Minggu, 05 Juni 2011

'Overpay'? No way

Sunday, June 05, 2011
Clueless one day, the brightest light on fireworks night the next.

Is baseball a grand game or what?

A few hours after beating himself up worse than any of his many critics in town, Pirates first baseman Lyle Overbay came to the plate Saturday night in the seventh inning against the Philadelphia Phillies' J.C. Romero with a chance to hit for the Pirates' first cycle in more than seven years.
Needing a home run, the man who has hit 127 of 'em during his nine-year big-league career struck out swinging on a 2-2 pitch. It hardly seemed to matter to Overbay or to the sellout crowd of 39,441, the largest at PNC Park. The fireworks a few minutes later still seemed a little more spectacular than usual because, for the second consecutive night, the Pirates had beaten the National League's best team, this time 6-3. They won, in substantial part, because of Overbay, who came in hitting .229.

A clueless .229.

Hey, that's the word Overbay used to describe himself before the game. Not that I argued.

Here's something else we agreed on: Overbay had this night coming.

He had helped the Pirates beat the Phillies, 2-1, in 12 innings Friday night by making a strong diving play to prevent the go-ahead run from scoring in the 10th. You won't see many better plays all season. But he had done little to help the club with his bat. It wasn't just that sickly (my word) .229 average. It was 5 home runs and 21 RBIs in 192 at-bats. That hardly seemed like enough, especially after the Pirates invested $5 million in him -- an enormous number for them -- as a free agent during the off-season.

Some were calling him "Overpay." OK, a lot were.

"I haven't heard much of that; I really haven't," Overbay said. "I've heard worse in my career."

On this night, Overbay heard only cheers, at least from those in the park who weren't rooting for the Phillies.

"It felt good just putting a good swing on the ball throughout the whole game," he said. "That's the key to it for me."

Overbay got lucky in the first inning. He bounced what appeared to be a fair ball down the first-base line with two outs and looked to make the Pirates' third out. But home plate umpire Joe West overruled first base umpire Angel Hernandez and called it foul.

"I thought it was fair, but I'll take it," Overbay said.

Take it and run with it, actually. He watched three balls from Phillies starter Kyle Kendrick, then doubled in a run off the Clemente Wall in right field to give the Pirates a 2-1 lead.

Overbay got lucky again in the fourth inning when he sliced a ball to left field and ended up with a triple when left fielder Raul Ibanez slipped, allowing the ball to roll to the wall.

"I know that probably was going to be a single," Overbay said.
He scored that inning on an infield groundout to give the Pirates a 3-2 lead.

Overbay then singled up the middle in the sixth inning to set up his cycle opportunity.

"Obviously, I was aware of it," he said. "But Romero is tough. Everything he throws has so much sink. It's hard to elevate anything against him. I was trying, though."

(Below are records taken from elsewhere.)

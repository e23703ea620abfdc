// A module before its units are read, and what is found when they are.
ghost use Rattle.std.specs.Prelude.{◌≡◌, IfOk, OnOk};
ghost use Rattle.instance_scope.specs.Scoped.{IsSound, known_of};
ghost use Rattle.module_model.specs.Exports.{files_of, none_known};
ghost use Rattle.module_model.specs.Given.{AreFaces, IsReadable};
ghost use Rattle.module_model.specs.Modules as in_modules;
ghost use Rattle.module_model.specs.Resolution as in_resolution;
ghost use Rattle.unit_scope.specs.Readings.{over_of};
ghost use Rattle.unit_scope.specs.Steps.{IsLast, IsUnread, over_for};
ghost use Rattle.tla_model.specs.Entities as entities;
ghost use Rattle.tla_model.specs.Lexemes.{LexemesLie};
ghost use Rattle.unit_grammar.specs.UnitNodes.{HasNodes, module_of};

use declared_names::declaring;
use instance_names::{instance_words, path_starts};
use instance_scope::Scope;
use module_model::Imported;
use std::alloc::Global;
use tla_model::{Binder, Finding, spelled};
use tla_tree::ModuleTree;
use tool_list::{List, Memory};
use tree_names::ModuleText;
use unit_scope::ModuleReader;

/// The text of a module, and the names that it declares, in their order.
#[derive(Drop)]
pub struct DeclaredText<'a> {
    pub text: ModuleText<'a>,
    pub names: List<Binder>,
}

// The text of a module, by the names that it declares.
fn text_of<'a>(
    alloc: Global,
    tree: &'a ModuleTree,
    names: &[Binder],
) -> Result<ModuleText<'a>, Memory>
    requires readable { IsReadable tree.now }
    requires names { names.now ≡ entities.declaring (module_of tree.now).units }
    ensures { IfOk result (λ text. text ≡ in_modules.text_of tree.now.source (module_of tree.now)) }
{
    let source = tree.source.as_str();
    let file = spelled(source, &tree.name);
    ModuleText::new(alloc, file, source, names)
}

/// The text of a module, and the names that it declares: what `resolve` and the search for levels are
/// given. `Memory` comes where there was no room.
pub fn declared_text<'a>(alloc: Global, tree: &'a ModuleTree) -> Result<DeclaredText<'a>, Memory>
    requires { IsReadable tree.now }
    ensures text { IfOk result (λ declared. declared.text
        ≡ in_modules.text_of tree.now.source (module_of tree.now)) }
    ensures names { IfOk result (λ declared. declared.names
        ≡ entities.declaring (module_of tree.now).units) }
{
    let names = declaring(alloc, tree)?;
    let text = text_of(alloc, tree, names.as_slice())?;
    Ok(DeclaredText { text, names })
}

// What is known of modules and instances before a text is read.
fn scope_of<'a>(
    alloc: Global,
    text: &ModuleText<'a>,
    tree: &'a ModuleTree,
    imported: &'a Imported,
) -> Result<Scope<'a>, Memory>
    requires nodes { HasNodes tree.now }
    requires faces { AreFaces imported.now text.now.file }
    ensures sound { IfOk result (λ scope. IsSound scope) }
    ensures known { IfOk result (λ scope. known_of scope ≡ none_known) }
    ensures title { IfOk result (λ scope. scope.title.now ≡ text.now.file) }
    ensures over { IfOk result
        (λ scope. over_of scope ≡ over_for imported.now (module_of tree.now)) }
{
    let words = instance_words(alloc, tree)?;
    let paths = path_starts(alloc, tree)?;
    Ok(Scope::new(alloc, text.file(), imported, words, paths))
}

/// A module before what it extends.
pub fn unread<'a>(
    alloc: Global,
    text: &ModuleText<'a>,
    tree: &'a ModuleTree,
    imported: &'a Imported,
) -> Result<ModuleReader<'a>, Memory>
    requires nodes { HasNodes tree.now }
    requires faces { AreFaces imported.now text.now.file }
    ensures { IfOk result
        (λ reader. IsUnread text.now imported.now (module_of tree.now) reader) }
{
    let scope = scope_of(alloc, text, tree, imported)?;
    ModuleReader::new(alloc, text, scope)
}

/// Reads a module, and answers what is found of its names, in the order of the text.
pub(crate) fn found_in<'a>(
    alloc: Global,
    text: &ModuleText<'a>,
    tree: &'a ModuleTree,
    reader: &mut ModuleReader<'a>,
) -> Result<List<Finding>, Memory>
    requires nodes { HasNodes tree.now }
    requires lie { LexemesLie text.now.source (module_of tree.now) }
    requires text { text.now ≡ in_modules.text_of tree.now.source (module_of tree.now) }
    requires unread { IsUnread text.now reader.old.scope.imported.now (module_of tree.now)
        reader.old }
    ensures state { OnOk result
        (IsLast text.now reader.old.scope.imported.now tree.now.source (module_of tree.now)
        reader.new) }
    ensures findings { IfOk result (λ findings. findings
        ≡ in_resolution.findings (files_of reader.old.scope.imported.now) tree.now.source
        (module_of tree.now)) }
{
    let mut findings = List::new(alloc);
    reader.read_module(alloc, text, tree, &mut findings)?;
    Ok(findings)
}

And Overbay's .240 average this morning?

Still nothing to write home about for a .274 lifetime hitter but not quite so clueless or sickly.

Actually, Overbay said he was "clueless" the first two months of last season. He was hitting .212 for the Toronto Blue Jays on June 1 and "was worried my career was over ... I was just getting beaten by pitches."

But Overbay said this season has been even tougher for him: "The toughest it's ever been. I don't know, maybe I've been trying to do too much."

It's nice to think this night was the start of something much better for Overbay. He regrouped last season to hit .282 in June and .301 in July. Who knows where the Pirates might be on Aug. 1 if he can do the same thing here? This latest win nudged them close to .500 again at 28-29.

"We're going to be a lot better than what we are right now," Overbay said. "That's why I came here. I was aware of the Pirates' history. I knew they had been through a lot of losses. I wanted to be a part of changing that. That's going to be something special."

The two wins against the Phillies eliminated any little doubt that might have been in Overbay's mind that the Pirates are on the right track. A win today against Philadelphia ace Roy Halladay, a sweep of the Phillies and a 29-29 record might convince a lot more of us.

"I thought they were huge wins, especially after the way we lost in New York [Thursday]," Overbay said, referencing the 9-8 loss to the Mets after the Pirates blew a 7-0 lead.

"That shows the maturity of this team. Everybody was able to shrug it off and turn the page. It was just one game. I think Matt Diaz was the first to stand up and say, 'This one's over. It's still been a great [4-3] road trip. Now let's go home and play some good baseball.'

"I think it was important for the young guys to hear that."

Maybe one of the older guys, too.

Overbay came home.

And he's playing some pretty good baseball.